You will probably have guessed that each takes each item of the list before (so range returns a list of items resp. numbers) and the parameter |i| (exactly as |d|) is a kind of door through which each list item gets entry into the loop, meaning it does some change every new loop run.

EDIT: Actually each does not take each item but counts the list items; so if the list - like here - contains 6 items each means: 6.times. The parameter |i| takes care of the fact that the list items itself can be used within the loop.

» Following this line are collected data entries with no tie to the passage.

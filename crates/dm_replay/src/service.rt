//! What kernels do with messages for processes.
ghost use Rattle.std.specs.Prelude.{◌≡◌, ◌+◌, ◌<◌, OnOk, true};
ghost use Rattle.dm_datamove.specs.Landing.{plainly_landed};
ghost use Rattle.dm_datamove.specs.Serving.{served_plainly};
ghost use Rattle.dm_message.specs.Lawful.{IsLawfulMessage};
ghost use Rattle.dm_message.specs.Plain.{plain_message};
ghost use Rattle.dm_onekernel.specs.Plain.{plain_process};
ghost use Rattle.dm_onekernel.specs.Step.{goes_on, step};
ghost use Rattle.dm_onekernel.specs.declared.label.Label.TheVariants as label_;
ghost use Rattle.dm_replay.specs.Living.{HasPlace};
ghost use Rattle.dm_replay.specs.Sound.{IsFit, IsSound};
ghost use Rattle.dm_replay.specs.Steps.{Becomes, Stays, Steps};
ghost use Rattle.dm_replay.specs.Tests.{is_answer_of, is_awaited, is_within};
ghost use Rattle.dm_replay.specs.Serving.{lands_at, serves_at};

use crate::kernel::{HERE, Kernel, MOST_LABELS, Refusal};
use dm_datamove::{Landed, land, serve};
use dm_link::Pid;
use dm_message::{MOST_BODY, Message, MsgId, What};
use dm_onekernel::Why;
use dm_process::{Direction, Process, Status};
use dm_processor::Cells;

/// Whether a request for a piece lies within a memory of so many bytes.
fn is_within(size: u32, what: &What) -> bool
    ensures { result ≡ is_within size what.now }
{
    match what {
        What::Read { base, len } => u64::from(*base) + u64::from(*len) <= u64::from(size),
        What::Write { base, bytes } => u64::from(*base) + bytes.len() as u64 <= u64::from(size),
        _ => false,
    }
}

/// Whether what is said answers the request of a data move with so many bytes left.
fn answers(dir: Direction, left: u32, what: &What) -> bool
    ensures { result ≡ is_answer_of dir left what.now }
{
    match (dir, what) {
        (Direction::FromArea, What::Block { bytes }) => bytes.len() == MOST_BODY.min(left as usize),
        (Direction::IntoArea, What::Written) => true,
        (_, What::Gone) => true,
        _ => false,
    }
}

/// Whether a process waits for this answer to a request for a piece.
fn awaits(status: Status, message: &Message) -> bool
    ensures { result ≡ is_awaited status message.now.id.n message.now.what }
{
    match status {
        Status::Moving {
            dir,
            left,
            pending,
            ..
        } => message.id.n == pending && answers(dir, left, &message.what),
        _ => false,
    }
}

impl Kernel {
    /// The kernel of a process did what a message for it asks.
    pub(crate) fn serve(&mut self, id: MsgId) -> Result<(), Refusal>
        requires sound { IsSound self.old.labels self.old }
        requires room { self.old.labels < MOST_LABELS }
        ensures steps { Steps self.old result self.new (λ s. step s (label_.Served id)) }
        ensures sound { OnOk result (IsSound (self.old.labels + 1) self.new) }
        ensures stays { OnOk result (Stays self.old self.new) }
    {
        let message = self.take_message(id)?;
        let process = self.take_at_hand(message.to.pid)?;
        match &message.what {
            What::Stop => Ok(self.set_stopped(message.to.pid, process, true)),
            What::Resume => Ok(self.set_stopped(message.to.pid, process, false)),
            What::Kill => Ok(self.put_ended(message.to.pid, Why::Killed)),
            What::Read { .. } => self.answer_piece(&message, process),
            What::Write { .. } => self.answer_piece(&message, process),
            What::Block { .. } => self.land_piece(&message, process),
            What::Written => self.land_piece(&message, process),
            What::Gone => self.land_piece(&message, process),
            _ => Err(Refusal::NoStep),
        }
    }

    /// Stops a process that was taken out, or lets it go on.
    fn set_stopped(&mut self, pid: Pid, process: Process, stopped: bool)
        requires { HasPlace self.old.processes pid }
        ensures state { Becomes self.old self.new (λ s. goes_on s pid (plain_process (record process { stopped = stopped }))) }
        ensures sound { (n : _) → IsSound n self.old → IsFit n pid process → IsSound n self.new }
        ensures stays { Stays self.old self.new }
    {
        let mut process = process;
        process.stopped = stopped;
        self.put_back(pid, process);
    }

    /// Reads or writes a piece of a process's memory, and answers.
    fn answer_piece(&mut self, message: &Message, process: Process) -> Result<(), Refusal>
        requires sound { IsSound self.old.labels self.old }
        requires room { self.old.labels < MOST_LABELS }
        requires place { HasPlace self.old.processes message.now.to.pid }
        requires fit { IsFit self.old.labels message.now.to.pid process }
        requires lawful { IsLawfulMessage message.now }
        ensures steps { Steps self.old result self.new (λ s. serves_at s message.now.to.pid (served_plainly process (plain_message message.now))) }
        ensures sound { OnOk result (IsSound (self.old.labels + 1) self.new) }
        ensures stays { OnOk result (Stays self.old self.new) }
    {
        if !is_within(process.memory.len(), &message.what) {
            return Err(Refusal::NoStep);
        }
        let mut process = process;
        let answer = serve(self.alloc, &mut process, message, HERE)?;
        self.put_back(message.to.pid, process);
        self.put_message(answer)
    }

    /// Lands the answer to a piece at the process that asked for it, which may ask for the next one.
    fn land_piece(&mut self, message: &Message, process: Process) -> Result<(), Refusal>
        requires sound { IsSound self.old.labels self.old }
        requires room { self.old.labels < MOST_LABELS }
        requires place { HasPlace self.old.processes message.now.to.pid }
        requires fit { IsFit self.old.labels message.now.to.pid process }
        requires lawful { IsLawfulMessage message.now }
        ensures steps { Steps self.old result self.new (λ s. lands_at s message.now.to.pid (plainly_landed process (plain_message message.now))) }
        ensures sound { OnOk result (IsSound (self.old.labels + 1) self.new) }
        ensures stays { OnOk result (Stays self.old self.new) }
    {
        if !awaits(process.status, message) {
            return Err(Refusal::NoStep);
        }
        let mut process = process;
        let landed = land(self.alloc, &mut process, message, HERE)?;
        self.put_back(message.to.pid, process);
        match landed {
            Landed::Next(request) => self.put_message(request),
            Landed::Done(_) => Ok(()),
        }
    }
}
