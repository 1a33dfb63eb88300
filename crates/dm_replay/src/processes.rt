//! Processes, taken out to be served and put back.
ghost use Rattle.std.specs.Prelude.{◌≡◌, ◌<◌, ◌+◌, IfOk, OnOk, Some, is_some};
ghost use Rattle.dm_replay.specs.Living.{HasPlace, at, life_of};
ghost use Rattle.dm_process.specs.declared.process.Status.TheVariants as status;
ghost use Rattle.dm_onekernel.specs.declared.boot.Boot.{Boot};
ghost use Rattle.dm_onekernel.specs.Kernel.{Ended, with_process};
ghost use Rattle.dm_onekernel.specs.Plain.{plain_process, plain_status};
ghost use Rattle.dm_onekernel.specs.Step.{at_hand, goes_on, if_ready, next_trap, running, why_ended};
ghost use Rattle.dm_replay.specs.Answers.{Gives};
ghost use Rattle.dm_replay.specs.Sound.{IsFit, IsSound};
ghost use Rattle.dm_replay.specs.State.{hand_of, one_kernel, without_process};
ghost use Rattle.dm_replay.specs.Steps.{Becomes, Stays};
ghost use Rattle.dm_replay.specs.Traps.{IsLawfulTrap, IsSaidTrap, plain_trap};

use crate::kernel::{HERE, Kernel, MOST_LABELS, Refusal};
use crate::life::Life;
use dm_link::Pid;
use dm_onekernel::Why;
use dm_process::{Process, Status};
use dm_processor::{Fault, Stepped, step};
use dm_syscall::{Called, call};

/// What the next instruction of a process came to, which isn't plain.
#[derive(Drop)]
pub enum Trap {
    /// It asked for the call of a number, which came to this.
    Call { number: u8, called: Called },
    /// It couldn't be performed.
    Fault(Fault),
}

/// Whether a process executes: it is ready and not stopped.
fn executes(process: &Process) -> bool
    ensures { result ≡ is_some (if_ready (plain_process process.now) (plain_status process.now.status)) }
{
    matches!(process.status, Status::Ready) && !process.stopped
}

impl Kernel {
    /// Whether a process lives, and follows no request to move.
    pub(crate) fn is_at_hand(&self, pid: Pid) -> bool
        ensures { result ≡ is_some (hand_of self.now pid) }
    {
        self.processes.alive(pid).is_some() && !self.notes.contains_key(&pid)
    }

    /// Whether a process has ended.
    pub(crate) fn has_ended(&self, pid: Pid) -> bool
        ensures { result ≡ is_some (why_ended (life_of (at self.now.processes pid))) }
    {
        matches!(self.processes.get(pid), Some(Life::Ended(_)))
    }

    /// Takes out a living process that follows no request to move.
    pub(crate) fn take_at_hand(&mut self, pid: Pid) -> Result<Process, Refusal>
        ensures gives { (b : Boot) → Gives result (λ x. Some (plain_process x)) (at_hand (one_kernel b self.old) pid) }
        ensures out { OnOk result (Becomes self.old self.new (λ s. without_process s pid)) }
        ensures place { OnOk result (HasPlace self.new.processes pid) }
        ensures fit { (n : _) → IsSound n self.old → IfOk result (IsFit n pid) }
        ensures sound { (n : _) → IsSound n self.old → OnOk result (IsSound n self.new) }
        ensures stays { OnOk result (Stays self.old self.new) }
    {
        if !self.is_at_hand(pid) {
            return Err(Refusal::NoStep);
        }
        Ok(self.processes.take_alive(pid))
    }

    /// Puts a process back that was taken out.
    pub(crate) fn put_back(&mut self, pid: Pid, process: Process)
        requires { HasPlace self.old.processes pid }
        ensures state { Becomes self.old self.new (λ s. goes_on s pid (plain_process process)) }
        ensures sound { (n : _) → IsSound n self.old → IsFit n pid process → IsSound n self.new }
        ensures stays { Stays self.old self.new }
    {
        self.processes.put_back(pid, Life::Alive(process));
    }

    /// Ends a process that was taken out.
    pub(crate) fn put_ended(&mut self, pid: Pid, why: Why)
        requires { HasPlace self.old.processes pid }
        ensures state { Becomes self.old self.new (λ s. with_process s pid (Ended why)) }
        ensures sound { (n : _) → IsSound n self.old → IsSound n self.new }
        ensures stays { Stays self.old self.new }
    {
        self.processes.put_back(pid, Life::Ended(why));
    }

    /// Takes out a process that executes.
    pub(crate) fn take_running(&mut self, pid: Pid) -> Result<Process, Refusal>
        ensures gives { (b : Boot) → Gives result (λ x. Some (plain_process x)) (running (one_kernel b self.old) pid) }
        ensures ready { IfOk result (λ x. x.status ≡ status.Ready) }
        ensures out { OnOk result (Becomes self.old self.new (λ s. without_process s pid)) }
        ensures place { OnOk result (HasPlace self.new.processes pid) }
        ensures fit { (n : _) → IsSound n self.old → IfOk result (IsFit n pid) }
        ensures sound { (n : _) → IsSound n self.old → OnOk result (IsSound n self.new) }
        ensures stays { OnOk result (Stays self.old self.new) }
    {
        let process = self.take_at_hand(pid)?;
        if executes(&process) {
            Ok(process)
        } else {
            Err(Refusal::NoStep)
        }
    }

    /// Takes out a process that executes, whose next instruction isn't plain, and performs that.
    pub(crate) fn take_trapped(&mut self, pid: Pid) -> Result<(Process, Trap), Refusal>
        requires sound { IsSound self.old.labels self.old }
        requires room { self.old.labels < MOST_LABELS }
        ensures gives { (b : Boot) → Gives result (λ r. plain_trap r.0 r.1) (next_trap (one_kernel b self.old) pid) }
        ensures out { OnOk result (Becomes self.old self.new (λ s. without_process s pid)) }
        ensures place { OnOk result (HasPlace self.new.processes pid) }
        ensures fit { IfOk result (λ r. IsFit (self.old.labels + 1) pid r.0) }
        ensures lawful { IfOk result (λ r. IsLawfulTrap r.1) }
        ensures said { IfOk result (λ r. IsSaidTrap r.0 r.1) }
        ensures sound { (n : _) → IsSound n self.old → OnOk result (IsSound n self.new) }
        ensures stays { OnOk result (Stays self.old self.new) }
    {
        let mut process = self.take_running(pid)?;
        match step(&mut process.regs, &mut process.memory) {
            Stepped::Plain => Err(Refusal::NoStep),
            Stepped::Call(number) => {
                let called = call(self.alloc, &mut process, number, HERE)?;
                Ok((process, Trap::Call { number, called }))
            }
            Stepped::Fault(fault) => Ok((process, Trap::Fault(fault))),
        }
    }
}
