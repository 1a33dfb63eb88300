//! What processes do: they execute, call, fault, and take messages that they wait for.
ghost use Rattle.std.specs.Prelude.{◌≡◌, ◌+◌, ◌<◌, IfOk, IfSome, None, OnOk, Some, if◌then◌else◌, is_some, true};
ghost use Rattle.dm_link.specs.Names.{pid_eq};
ghost use Rattle.dm_link.specs.declared.Pid.{Pid};
ghost use Rattle.dm_message.specs.Ids.{id_eq};
ghost use Rattle.dm_message.specs.Lawful.{IsLawfulMessage};
ghost use Rattle.dm_message.specs.Plain.{plain_message, plain_what};
ghost use Rattle.dm_message.specs.declared.MsgId.{MsgId};
ghost use Rattle.dm_onekernel.specs.Codes.{reply_eq, why_eq};
ghost use Rattle.dm_onekernel.specs.Kernel.{Ended, OneKernel, with_process, with_sent};
ghost use Rattle.dm_onekernel.specs.Options.{bind, when};
ghost use Rattle.dm_onekernel.specs.Plain.{plain_process};
ghost use Rattle.dm_onekernel.specs.Step.{completing, ends, goes_on, outputs, plain_steps, replies, sends, step, waits};
ghost use Rattle.dm_onekernel.specs.declared.boot.Boot.{Boot};
ghost use Rattle.dm_onekernel.specs.declared.label.Label.TheVariants as label_;
ghost use Rattle.dm_process.specs.declared.process.Process.{Process};
ghost use Rattle.dm_replay.specs.Living.{HasPlace};
ghost use Rattle.dm_syscall.specs.Completing.{plain_completed};
ghost use Rattle.dm_replay.specs.Answers.{Gives};
ghost use Rattle.dm_replay.specs.Sound.{IsFit, IsSound};
ghost use Rattle.dm_replay.specs.State.{one_kernel, without_process};
ghost use Rattle.dm_replay.specs.Steps.{Becomes, Stays, Steps};
ghost use Rattle.dm_replay.specs.Tests.{place_in};
ghost use Rattle.dm_replay.specs.Traps.{IsLawfulTrap, IsSaidTrap, plain_trap};

use crate::kernel::{Kernel, MOST_LABELS, Refusal};
use crate::processes::Trap;
use dm_link::Pid;
use dm_memory::Parcel;
use dm_message::{Message, MsgId};
use dm_onekernel::{Reply, Why};
use dm_process::{Mailbox, Process, Service};
use dm_processor::{Memory, Regs, Stepped, step};
use dm_syscall::{Called, Completed, complete_receive};

/// Executes so many plain instructions; whether they are.
fn execute(regs: &mut Regs, memory: &mut Memory, count: u32) -> bool
    ensures { plain_steps count (record { regs = regs.old; bytes = memory.old }) ≡ (if result then Some (record { regs = regs.new; bytes = memory.new }) else None) }
{
    for done in 0..count {
        match step(regs, memory) {
            Stepped::Plain => {}
            _ => return false,
        }
    }
    true
}

/// Whether the two replies are one.
fn same_reply(a: Reply, b: Reply) -> bool
    ensures { result ≡ reply_eq a b }
{
    a.code() == b.code()
}

/// Whether the two reasons are one.
fn same_why(a: Why, b: Why) -> bool
    ensures { result ≡ why_eq a b }
{
    a.code() == b.code()
}

/// Where the message stands that is taken, if one is.
fn place_of(service: Option<Service>) -> Option<usize>
    ensures { result ≡ place_in service }
{
    match service {
        Some(Service::Receive { place, .. }) => Some(place),
        _ => None,
    }
}

/// Whether a message is for this process.
fn is_for(message: &Message, pid: Pid) -> bool
    ensures { result ≡ pid_eq message.now.to.pid pid }
{
    message.to.pid == pid
}

/// Whether a message has this name.
fn is_named(message: &Message, id: MsgId) -> bool
    ensures { result ≡ id_eq id message.now.id }
{
    id == message.id
}

impl Trap {
    /// Whether it is a call of this number that gave this reply.
    fn replied(&self, number: u8, reply: Reply) -> bool
        ensures { (s : OneKernel) (p : Pid) (x : Process) → bind (plain_trap x self.now) (replies s p number reply) ≡ when result (goes_on s p (plain_process x)) }
    {
        match self {
            Trap::Call {
                number: called,
                called: Called::Replied(given),
            } => number == *called && same_reply(reply, *given),
            _ => false,
        }
    }

    /// Whether a receive begins.
    fn waits(&self) -> bool
        ensures { (s : OneKernel) (p : Pid) (x : Process) → bind (plain_trap x self.now) (waits s p) ≡ when result (goes_on s p (plain_process x)) }
    {
        matches!(
            self,
            Trap::Call {
                called: Called::Waits,
                ..
            }
        )
    }

    /// Whether this word is put out.
    fn puts_out(&self, word: u32) -> bool
        ensures { (s : OneKernel) (p : Pid) (x : Process) → bind (plain_trap x self.now) (outputs s p word) ≡ when result (goes_on s p (plain_process x)) }
    {
        match self {
            Trap::Call {
                called: Called::Out(out),
                ..
            } => word == *out,
            _ => false,
        }
    }

    /// Whether the process ends for this reason.
    fn ends(&self, why: Why) -> bool
        ensures { (s : OneKernel) (p : Pid) (x : Process) → bind (plain_trap x self.now) (ends s p why) ≡ when result (with_process s p (Ended why)) }
    {
        match self {
            Trap::Call {
                called: Called::Ended(because),
                ..
            } => same_why(why, *because),
            Trap::Fault(fault) => same_why(why, Why::Fault(*fault)),
            _ => false,
        }
    }

    /// The message that goes out.
    fn into_message(self) -> Option<Message>
        ensures sent { (s : OneKernel) (p : Pid) (x : Process) (id : MsgId) → bind (plain_trap x self) (sends s p id) ≡
            bind result (λ m. bind (plain_message m) (λ w. when (id_eq id w.id) (with_sent (goes_on s p (plain_process x)) (Some w)))) }
        ensures lawful { IsLawfulTrap self → IfSome result IsLawfulMessage }
        ensures said { (x : Process) → IsSaidTrap x self → IfSome result (λ m. is_some (plain_what m.what) ≡ true) }
    {
        match self {
            Trap::Call {
                called: Called::Sent(message),
                ..
            } => Some(message.into_inner()),
            Trap::Call {
                called: Called::Moving(message),
                ..
            } => Some(message.into_inner()),
            _ => None,
        }
    }
}

impl Kernel {
    /// The process executed so many plain instructions.
    pub(crate) fn run(&mut self, pid: Pid, count: u32) -> Result<(), Refusal>
        requires sound { IsSound self.old.labels self.old }
        ensures steps { Steps self.old result self.new (λ s. step s (label_.Ran pid count)) }
        ensures sound { OnOk result (IsSound (self.old.labels + 1) self.new) }
        ensures stays { OnOk result (Stays self.old self.new) }
    {
        let mut process = self.take_running(pid)?;
        if !execute(&mut process.regs, &mut process.memory, count) {
            return Err(Refusal::NoStep);
        }
        self.put_back(pid, process);
        Ok(())
    }

    /// Puts a process back that goes on so, if it does.
    fn put_back_if(&mut self, holds: bool, pid: Pid, process: Process) -> Result<(), Refusal>
        requires { HasPlace self.old.processes pid }
        ensures steps { Steps self.old result self.new (λ s. when holds (goes_on s pid (plain_process process))) }
        ensures sound { (n : _) → IsSound n self.old → IsFit n pid process → OnOk result (IsSound n self.new) }
        ensures stays { OnOk result (Stays self.old self.new) }
    {
        if !holds {
            return Err(Refusal::NoStep);
        }
        self.put_back(pid, process);
        Ok(())
    }

    /// A call that sent nothing gave a reply.
    pub(crate) fn reply(&mut self, pid: Pid, number: u8, reply: Reply) -> Result<(), Refusal>
        requires sound { IsSound self.old.labels self.old }
        requires room { self.old.labels < MOST_LABELS }
        ensures steps { Steps self.old result self.new (λ s. step s (label_.Call pid number reply)) }
        ensures sound { OnOk result (IsSound (self.old.labels + 1) self.new) }
        ensures stays { OnOk result (Stays self.old self.new) }
    {
        let (process, trap) = self.take_trapped(pid)?;
        self.put_back_if(trap.replied(number, reply), pid, process)
    }

    /// The process waits for a message from now on.
    pub(crate) fn wait(&mut self, pid: Pid) -> Result<(), Refusal>
        requires sound { IsSound self.old.labels self.old }
        requires room { self.old.labels < MOST_LABELS }
        ensures steps { Steps self.old result self.new (λ s. step s (label_.Wait pid)) }
        ensures sound { OnOk result (IsSound (self.old.labels + 1) self.new) }
        ensures stays { OnOk result (Stays self.old self.new) }
    {
        let (process, trap) = self.take_trapped(pid)?;
        self.put_back_if(trap.waits(), pid, process)
    }

    /// The process put out a word.
    pub(crate) fn put_out(&mut self, pid: Pid, word: u32) -> Result<(), Refusal>
        requires sound { IsSound self.old.labels self.old }
        requires room { self.old.labels < MOST_LABELS }
        ensures steps { Steps self.old result self.new (λ s. step s (label_.Out pid word)) }
        ensures sound { OnOk result (IsSound (self.old.labels + 1) self.new) }
        ensures stays { OnOk result (Stays self.old self.new) }
    {
        let (process, trap) = self.take_trapped(pid)?;
        self.put_back_if(trap.puts_out(word), pid, process)
    }

    /// The process ended, by a call or a fault.
    pub(crate) fn end(&mut self, pid: Pid, why: Why) -> Result<(), Refusal>
        requires sound { IsSound self.old.labels self.old }
        requires room { self.old.labels < MOST_LABELS }
        ensures steps { Steps self.old result self.new (λ s. step s (label_.End pid why)) }
        ensures sound { OnOk result (IsSound (self.old.labels + 1) self.new) }
        ensures stays { OnOk result (Stays self.old self.new) }
    {
        let (_process, trap) = self.take_trapped(pid)?;
        if !trap.ends(why) {
            return Err(Refusal::NoStep);
        }
        self.put_ended(pid, why);
        Ok(())
    }

    /// The process sent a message.
    pub(crate) fn send(&mut self, pid: Pid, id: MsgId) -> Result<(), Refusal>
        requires sound { IsSound self.old.labels self.old }
        requires room { self.old.labels < MOST_LABELS }
        ensures steps { Steps self.old result self.new (λ s. step s (label_.Send pid id)) }
        ensures sound { OnOk result (IsSound (self.old.labels + 1) self.new) }
        ensures stays { OnOk result (Stays self.old self.new) }
    {
        let (process, trap) = self.take_trapped(pid)?;
        let Some(message) = trap.into_message() else {
            return Err(Refusal::NoStep);
        };
        if !is_named(&message, id) {
            return Err(Refusal::NoStep);
        }
        self.put_back(pid, process);
        self.put_message(message)
    }

    /// Takes out a process that waits, and lets a message of the bag come to its receive; what comes of that.
    fn complete(&mut self, pid: Pid, id: MsgId) -> Result<(Process, Completed), Refusal>
        requires sound { IsSound self.old.labels self.old }
        ensures gives { (b : Boot) → Gives result (λ r. Some (plain_completed r.1 r.0)) (completing (one_kernel b self.old) pid id) }
        ensures out { OnOk result (Becomes self.old self.new (λ s. without_process s pid)) }
        ensures place { OnOk result (HasPlace self.new.processes pid) }
        ensures fit { IfOk result (λ r. IsFit self.old.labels pid r.0) }
        ensures sound { OnOk result (IsSound self.old.labels self.new) }
        ensures stays { OnOk result (Stays self.old self.new) }
    {
        let mut process = self.take_at_hand(pid)?;
        let message = self.copy_of(id)?;
        if !is_for(&message, pid) {
            return Err(Refusal::NoStep);
        }
        process.queue = Mailbox::new(self.alloc);
        let parcel = Parcel::new(self.alloc, message)?;
        process.queue.push(parcel)?;
        let Some(place) = place_of(process.service()) else {
            return Err(Refusal::NoStep);
        };
        let completed = complete_receive(&mut process, place);
        Ok((process, completed))
    }

    /// The process took a message.
    pub(crate) fn receive(&mut self, pid: Pid, id: MsgId) -> Result<(), Refusal>
        requires sound { IsSound self.old.labels self.old }
        requires room { self.old.labels < MOST_LABELS }
        ensures steps { Steps self.old result self.new (λ s. step s (label_.Receive pid id)) }
        ensures sound { OnOk result (IsSound (self.old.labels + 1) self.new) }
        ensures stays { OnOk result (Stays self.old self.new) }
    {
        let (process, completed) = self.complete(pid, id)?;
        match completed {
            Completed::Received(_) => {
                self.forget(id);
                self.put_back(pid, process);
                Ok(())
            }
            Completed::Refused(_) => Err(Refusal::NoStep),
        }
    }

    /// The process was refused a message, which stays.
    pub(crate) fn refuse(&mut self, pid: Pid, id: MsgId, reply: Reply) -> Result<(), Refusal>
        requires sound { IsSound self.old.labels self.old }
        requires room { self.old.labels < MOST_LABELS }
        ensures steps { Steps self.old result self.new (λ s. step s (label_.Refuse pid id reply)) }
        ensures sound { OnOk result (IsSound (self.old.labels + 1) self.new) }
        ensures stays { OnOk result (Stays self.old self.new) }
    {
        let (process, completed) = self.complete(pid, id)?;
        match completed {
            Completed::Refused(given) => self.put_back_if(same_reply(reply, given), pid, process),
            Completed::Received(_) => Err(Refusal::NoStep),
        }
    }
}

Having that in mind the following changes might shed some light on what is going on in the inner loop:

[1, 3, 6, 4].each do |d|
  (ring 0).each do |i| # give the list just one value
    play_chord (chord_degree d, :c, :major, 3, invert: i)
    puts "d -> #{d}" # some additional help
    puts "i -> #{i}"
    sleep 0.25
  end
  sleep 1 # more time between each run of the outer loop
end 

To understand I have to take some time, simplify and think about what exactly is going on because abstract processes like e. g. two nested loops somehow tend to escape my understanding :wink: . But mostly it is fun for me to take the time and solve the riddle.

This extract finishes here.